Collected data
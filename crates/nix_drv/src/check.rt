//! Whether a derivation stands at its own path.
ghost use Rattle.std.specs.Prelude.{◌≡◌, ◌≢◌, ◌++◌, [], ◌∷◌, map, All, Err, IfOk, IfErr, OnOk};
ghost use Rattle.sha2.specs.Sha256.{sha256};
ghost use Rattle.nix_names.specs.StorePaths.{IsPathOf};
ghost use Rattle.nix_drv.specs.Checked.{IsCheck, IsReadAt};
ghost use Rattle.nix_drv.specs.Order.{key as key_of};
ghost use Rattle.nix_drv.specs.OwnPath.{referenced_paths};
ghost use Rattle.nix_drv.specs.References.{IsReferencesOf, IsStrayFault};

use crate::derivation::Derivation;
use crate::element::Element;
use crate::fault::DrvFault;
use crate::reading::read;
use crate::text_paths::{digested_text_path, named_text_path};
use nix_names::{NameFault, StoreDir, StorePath, is_drv_name, parse_path};
use std::alloc::Global;

// A derivation that was read, and the references of its text.
#[derive(Drop)]
struct ReadText {
    drv: Derivation,
    refs: Vec<StorePath>,
}

/// The derivation whose text the bytes at this path are. Tests these in order, and answers the
/// first fault: `NotADrvName` where the path's name does not end in `.drv` after at least one
/// byte; `TooLong`, `Syntax` and `Order` as `read` does; `BadReference` with the first input
/// derivation or source that is no path of the folder; `TextPathMismatch` with the text's own path
/// where that is another path. Costs one reading, one SHA-256 over the bytes and one sort of the
/// references.
pub fn check_text(
    alloc: Global,
    dir: &StoreDir,
    path: &StorePath,
    bytes: &[u8],
) -> Result<Derivation, DrvFault>
    ensures { IsCheck dir.now path.now bytes.now result }
{
    let text = read_text(alloc, dir, path, bytes)?;
    let own = named_text_path(alloc, dir, path.name(), bytes, &text.refs)?;
    at_own_path(text.drv, own, path)
}

/// What `check_text` answers, for bytes whose SHA-256 is known. Costs one reading and one sort of
/// the references.
pub fn check_digested_text(
    alloc: Global,
    dir: &StoreDir,
    path: &StorePath,
    bytes: &[u8],
    digest: &[u8; 32],
) -> Result<Derivation, DrvFault>
    requires { digest.now ≡ sha256 bytes.now }
    ensures { IsCheck dir.now path.now bytes.now result }
{
    let text = read_text(alloc, dir, path, bytes)?;
    let own = digested_text_path(alloc, dir, path.name(), digest, &text.refs)?;
    at_own_path(text.drv, own, path)
}

// Reads the derivation whose text the bytes at this path are, and its references. Answers the
// faults of `check_text` but for `TextPathMismatch`.
fn read_text(
    alloc: Global,
    dir: &StoreDir,
    path: &StorePath,
    bytes: &[u8],
) -> Result<ReadText, DrvFault>
    ensures ok { IfOk result (λ text. IsReadAt path.now bytes.now text.drv
        × All (IsPathOf dir.now) (referenced_paths text.drv)
        × IsReferencesOf (referenced_paths text.drv) text.refs.items) }
    ensures err { IfErr result (λ fault. IsCheck dir.now path.now bytes.now (Err fault)) }
{
    if !is_drv_name(path.name()) {
        return Err(DrvFault::NotADrvName);
    }
    let drv = read(alloc, bytes)?;
    let refs = references(alloc, dir, &drv)?;
    Ok(ReadText { drv, refs })
}

// The derivation, where its own path is the path at which its text was found.
fn at_own_path(drv: Derivation, own: StorePath, path: &StorePath) -> Result<Derivation, DrvFault>
    ensures ok { IfOk result (λ kept. (kept ≡ drv) × (own ≡ path.now)) }
    ensures err { IfErr result
        (λ fault. (fault ≡ DrvFault.TextPathMismatch own) × (own ≢ path.now)) }
{
    if own != *path {
        return Err(DrvFault::TextPathMismatch(own));
    }
    Ok(drv)
}

/// The references of a derivation's text: the paths of its input derivations and its sources, in
/// rising order, each once. Answers `BadReference` with the first that is no path of the folder.
/// Costs one copy of the paths and one sort.
pub fn references(
    alloc: Global,
    dir: &StoreDir,
    drv: &Derivation,
) -> Result<Vec<StorePath>, DrvFault>
    ensures ok { IfOk result
        (λ refs. All (IsPathOf dir.now) (referenced_paths drv.now)
        × IsReferencesOf (referenced_paths drv.now) refs.items) }
    ensures err { IfErr result (IsStrayFault dir.now (referenced_paths drv.now)) }
{
    let mut refs = Vec::new(alloc);
    add_paths(alloc, dir, drv.inputs(), &mut refs)?;
    add_paths(alloc, dir, drv.sources(), &mut refs)?;
    refs.sort_unstable();
    refs.dedup();
    Ok(refs)
}

// Adds the paths that are the keys of these elements.
fn add_paths<T: Element>(
    alloc: Global,
    dir: &StoreDir,
    items: &[T],
    refs: &mut Vec<StorePath>,
) -> Result<(), DrvFault>
    ensures added { OnOk result
        (refs.new.items ≡ refs.old.items ++ map (λ item. key_of T.form (T.value item)) items.now) }
    ensures good { OnOk result
        (All (IsPathOf dir.now) (map (λ item. key_of T.form (T.value item)) items.now)) }
    ensures err { IfErr result
        (IsStrayFault dir.now (map (λ item. key_of T.form (T.value item)) items.now)) }
{
    for item in items {
        refs.push(parse_reference(alloc, dir, item.key())?)?;
    }
    Ok(())
}

// The text as a path of the folder.
fn parse_reference(alloc: Global, dir: &StoreDir, text: &[u8]) -> Result<StorePath, DrvFault>
    ensures ok { IfOk result (λ path. (path ≡ text.now) × IsPathOf dir.now text.now) }
    ensures err { IfErr result (IsStrayFault dir.now (text.now ∷ [])) }
{
    match parse_path(alloc, dir, text) {
        Ok(path) => Ok(path),
        Err(fault) => match fault {
            NameFault::NoMemory => Err(DrvFault::NoMemory),
            _ => Err(DrvFault::BadReference(Vec::from_slice(alloc, text)?)),
        },
    }
}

**WHAT IS EXPECTED**
Looking at the entries above, how many lines contain the word "first"? Answer with the number alone.

**SOLUTION TO THE EXERCISE**
3